With the aid of @EricC we now have his old (though pretty much immaculate) Compak K10 PB. @dfk41 was really helpful giving advice re the Orchestrale Nota, which arrived today.

Other bits and bobs include the Rapha/Chris King tamper, Pallo group head brush and Cafelat splat mat.

Next week @Glenn is coming over to offer guidance as to how we can get the best out of our setup.

















2016 we should be making half decent coffee at home.


----------



## PPapa (Oct 24, 2015)

I like your cups... Feels like they are as important as the gear!


----------



## Dylan (Dec 5, 2011)

Is the top of the Nota mirror polished? It may not bother you but after a while cups will scratch up the surface of it is. There are drinks mats (cross hatch style) to stop this.

Nice setup by the way ?


----------



## Glenn (Jun 14, 2008)

By the end of 2015 you will be making decent coffee at home









Merry Christmas and roll on next week


----------



## dancing james (Nov 29, 2015)

Dylan said:


> Is the top of the Nota mirror polished? It may not bother you but after a while cups will scratch up the surface of it is. There are drinks mats (cross hatch style) to stop this.
> 
> Nice setup by the way 


Cheers for the kind words. It's a brushed or milled finish, am sure wire wool or similar can return it to pristine state, though my view is it should pick up a patina of wear.


----------



## Darrenb80 (Dec 27, 2015)

Very nice


----------



## dancing james (Nov 29, 2015)

i had not looked closely enough, it is polished and is getting small scratches, but to be honest we are not too fussed. if i get really bothered i'd just repolish or use a wire wool to give a brushed effect which is what the front panel has.

@Glenn is coming tomorrow to teach us how to get the best out of our set up.


----------



## Thecatlinux (Mar 10, 2014)

dancing james said:


> i had not looked closely enough, it is polished and is getting small scratches, but to be honest we are not too fussed. if i get really bothered i'd just repolish or use a wire wool to give a brushed effect which is what the front panel has.
> 
> @Glenn is coming tomorrow to teach us how to get the best out of our set up.

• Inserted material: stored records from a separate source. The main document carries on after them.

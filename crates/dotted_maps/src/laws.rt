//! What the composition of terms and maps is for the entries between labels.

ghost use Rattle.std.specs.Prelude.{◌≡◌, ℕ, ◌+◌, ◌*◌, ◌%◌, ◌^◌, ◌<◌, List, [], ◌++◌, length, nat_eq, if◌then◌else◌};
ghost use Rattle.kh_types.specs.Circles.{smoothings_of, circle_names};
ghost use Rattle.kh_types.specs.Code.{Code};
ghost use Rattle.kh_types.specs.Products.{sum_below, product_at};
ghost use Rattle.kh_types.specs.Residues.{Same};
ghost use Rattle.surface_laws.specs.Surfaces.{weight};
ghost use Rattle.surface_laws.specs.Points.{Points, ArePlaced, AreAmong, IsOpenPairing, inner, discs, circles, whole};
ghost use Rattle.dotted_maps.specs.Terms.{AreGlued, entry};
ghost use Rattle.dotted_maps.specs.Composition.{composed};
ghost use Rattle.dotted_maps.specs.Parts.{components, part_coefficient, part_at, product_over};
ghost use Rattle.dotted_maps.specs.Choices.{listed, listed_with};
ghost use Rattle.dotted_maps.specs.Maps.{matrix_of, IsComposition, composition, identity, scaled, AreOneMap};
ghost use Rattle.dotted_maps.specs.declared.term.Term.{Term};

/// One term after another, summed over the labels of the circles between them, is the sum of the
/// terms of which the composition consists, modulo p, where h and k are together 0; and exactly where
/// both are 0.
pub fn compositions_add_up()
    ensures sum { (p h k : ℕ) (points : Points) (m n o w : List (ℕ × ℕ)) (dots others before after : ℕ) → Same p (h + k) 0
        → ArePlaced points → AreGlued points m n w → AreGlued points n o w → AreGlued points m o w
        → AreGlued (inner points) m o n
        → Same p
        (sum_below (2 ^ length (circles points n w))
        (λ between. entry h k points m n w dots before between * entry h k points n o w others between after))
        (sum_below (2 ^ length (discs points m o))
        (λ kept. composed h k points m n o dots others kept * entry h k points m o w kept before after)) }
    ensures plain { (points : Points) (m n o w : List (ℕ × ℕ)) (dots others before after : ℕ) → ArePlaced points
        → AreGlued points m n w → AreGlued points n o w → AreGlued points m o w → AreGlued (inner points) m o n
        → sum_below (2 ^ length (circles points n w))
        (λ between. entry 0 0 points m n w dots before between * entry 0 0 points n o w others between after)
        ≡ sum_below (2 ^ length (discs points m o))
        (λ kept. composed 0 0 points m n o dots others kept * entry 0 0 points m o w kept before after) }
{}

/// The matrix of a composition of maps is the product of their matrices, modulo p; so a multiple of
/// it that is added to a map adds that multiple of the product. Such a composition is that with a
/// term for each dot set.
pub fn compositions_are_products()
    ensures product { (p h k : ℕ) (points : Points) (m n o w : List (ℕ × ℕ)) (first second whole : List Term) (row column : ℕ)
        → Same p (h + k) 0 → ArePlaced points → AreGlued points m n w → AreGlued points n o w → AreGlued points m o w
        → AreGlued (inner points) m o n → IsComposition p h k points m n o first second whole
        → matrix_of p h k points m o w whole row column
        ≡ product_at (2 ^ length (circles points n w)) (matrix_of p h k points n o w second) (matrix_of p h k points m n w first) row column
        % p }
    ensures added { (p h k : ℕ) (points : Points) (m n o w : List (ℕ × ℕ)) (first second whole old : List Term) (factor row column : ℕ)
        → Same p (h + k) 0 → ArePlaced points → AreGlued points m n w → AreGlued points n o w → AreGlued points m o w
        → AreGlued (inner points) m o n → IsComposition p h k points m n o first second whole
        → matrix_of p h k points m o w (old ++ scaled factor whole) row column
        ≡ (matrix_of p h k points m o w old row column
        + factor * product_at (2 ^ length (circles points n w)) (matrix_of p h k points n o w second)
        (matrix_of p h k points m n w first) row column) % p }
    ensures made { (p h k : ℕ) (points : Points) (m n o : List (ℕ × ℕ)) (first second : List Term)
        → IsComposition p h k points m n o first second (composition p h k points m n o first second) }
{}

/// The identity of a pairing: an entry is 1 where the labels agree, else 0.
pub fn identities_are_identities()
    ensures entry { (h k : ℕ) (points : Points) (m w : List (ℕ × ℕ)) (before after : ℕ) → ArePlaced points → IsOpenPairing points m
        → AreGlued points m m w → before < 2 ^ length (circles points m w) → after < 2 ^ length (circles points m w)
        → entry h k points m m w 0 before after ≡ (if nat_eq before after then 1 else 0) }
    ensures matrix { (p h k : ℕ) (points : Points) (m w : List (ℕ × ℕ)) (row column : ℕ) → ArePlaced points → IsOpenPairing points m
        → AreGlued points m m w → row < 2 ^ length (circles points m w) → column < 2 ^ length (circles points m w)
        → matrix_of p h k points m m w identity row column ≡ (if nat_eq row column then 1 else 0) % p }
{}

/// Matrices of sums and multiples of maps are those of the matrices, modulo p, and depend on the
/// coefficients alone.
pub fn matrices_are_linear()
    ensures sum { (p h k : ℕ) (points : Points) (m n w : List (ℕ × ℕ)) (first second : List Term) (row column : ℕ)
        → matrix_of p h k points m n w (first ++ second) row column
        ≡ (matrix_of p h k points m n w first row column + matrix_of p h k points m n w second row column) % p }
    ensures multiple { (p h k : ℕ) (points : Points) (m n w : List (ℕ × ℕ)) (factor : ℕ) (terms : List Term) (row column : ℕ)
        → matrix_of p h k points m n w (scaled factor terms) row column ≡ factor * matrix_of p h k points m n w terms row column % p }
    ensures same { (p h k : ℕ) (points : Points) (m n w : List (ℕ × ℕ)) (terms others : List Term) (row column : ℕ)
        → AreOneMap p points m n terms others
        → matrix_of p h k points m n w terms row column ≡ matrix_of p h k points m n w others row column }
{}

/// A coefficient of a composition is a product over the components of the three pairings: the
/// weight of each, by its genus, the dots of both terms and the discs that are not dotted. Where h
/// and k are 0, on each all discs are dotted, or all but one, and the coefficient is 1, or 2 for
/// genus 1.
pub fn compositions_have_parts()
    ensures parts { (h k : ℕ) (points : Points) (m n o : List (ℕ × ℕ)) (dots others kept : ℕ) → ArePlaced points
        → IsOpenPairing points m → AreAmong points.opened m → AreAmong points.opened n → AreAmong points.opened o
        → composed h k points m n o dots others kept
        ≡ product_over (part_at h k points m n o dots others kept) (components points m n o) }
    ensures plain { (genus dots undotted : ℕ) → weight 0 0 genus dots undotted ≡ part_coefficient genus dots undotted }
{}

/// Before the first crossing the circles of the empty pairing, in any state, are the state's
/// circles in their order, so that labels are those of the cube's generators; there are no discs.
pub fn nothing_is_opened_at_first()
    ensures circles { (code : Code) (state : ℕ) → circles (whole code) [] (smoothings_of code.crossings state) ≡ circle_names code state }
    ensures discs { (code : Code) → discs (whole code) [] [] ≡ [] }
{}

/// The composition of two maps as a list, for each two terms dot sets among which all are that count,
/// disc by disc: it is their composition. Where h and k are 0 it is the shorter list of `listed`.
pub fn compositions_are_listed()
    ensures listed { (p h k : ℕ) (points : Points) (m n o : List (ℕ × ℕ)) (first second : List Term) → ArePlaced points
        → IsOpenPairing points m → AreAmong points.opened m → AreAmong points.opened n → AreAmong points.opened o
        → IsComposition p h k points m n o first second (listed_with h k points m n o first second) }
    ensures plain { (points : Points) (m n o : List (ℕ × ℕ)) (first second : List Term)
        → listed_with 0 0 points m n o first second ≡ listed points m n o first second }
{}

youre in safe hands there, hide any Lego you have though, as he may get distracted.


----------



## dancing james (Nov 29, 2015)

I won't show him our bike collection


----------



## Glenn (Jun 14, 2008)

Might need to schedule in some more time than planned


----------



## J8MCG (Feb 7, 2016)

Nice setup.. Liking the Chris King tamper


----------



## dancing james (Nov 29, 2015)

it's one of the first ones they did, so the bolt on the top is hand painted.


----------